//! Sources over bytes that come once, in order, as the bytes of a pipe do; sources whose reads are watched; and sources
//! that are read through a window.
#![tactic(auto)]

mod stream;
mod watched;
mod window;

pub use stream::StreamSource;
pub use watched::{WatchedSource, Watcher};
pub use window::WindowSource;
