// Entries of a trace that comes in pieces, read through a window: a buffer with the octets that were read and not yet
// used.
#![tactic(auto)]

ghost use Rattle.std.specs.Prelude.{◌≡◌, ◌≤◌, length};
ghost use Rattle.writing.specs.Notify.{placed};
ghost use Rattle.fields.specs.Reading.{slots_of};
ghost use Rattle.entries.specs.Entries.{entry_at};
ghost use Rattle.entries.specs.Slots.{entry_slots};
ghost use Rattle.windows.specs.Windows.{next_in, refused_in, Within};

use entries::kind::Kind;
use fields::refusal::Refusal;
use reading_entries::read_entry;

#[derive(Clone, Copy, Debug, PartialEq, Eq)]
pub enum Next {
    // its kind, and the offset after it
    Entry(Kind, usize),
    // more octets are wanted
    More,
    // the trace is read to its end
    End,
}

// So many octets decide every entry: a request's, with two NAT values, a body and a cookie of 4,096 octets each, and an
// operator of ten octets, which is too large.
pub const ENTRY_SIGHT: usize = 16465;

// What a refusal within the window says, with so many octets in sight: one for a cut entry may come of the window's
// end.
fn refused_in(ended: bool, seen: usize, why: Refusal) -> Result<Next, Refusal>
    ensures { result ≡ refused_in ended seen why }
{
    if why == Refusal::Cut && !ended && seen < ENTRY_SIGHT {
        Ok(Next::More)
    } else {
        Err(why)
    }
}

// What stands at `at` of the window; `ended` says that nothing comes after the window.
pub fn next_entry(window: &[u8], at: usize, ended: bool, slots: &mut [u64]) -> Result<Next, Refusal>
    requires { entry_slots ≤ length slots.old }
    ensures value { result ≡ next_in window.now at ended }
    ensures slots { let reading = entry_at window.now at in
        slots.new ≡ placed slots.old 0 (slots_of reading) }
    ensures within { Within window.now at result }
{
    if at >= window.len() {
        return Ok(if ended { Next::End } else { Next::More });
    }
    match read_entry(window, at, slots) {
        Ok((kind, next)) => Ok(Next::Entry(kind, next)),
        Err(why) => refused_in(ended, window.len() - at, why),
    }
}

WHAT YOU NEED TO DO: All lines with the word "comes" need to be copied from the data above.

SOLUTION BELOW:
// Entries of a trace that comes in pieces, read through a window: a buffer with the octets that were read and not yet
// What stands at `at` of the window; `ended` says that nothing comes after the window.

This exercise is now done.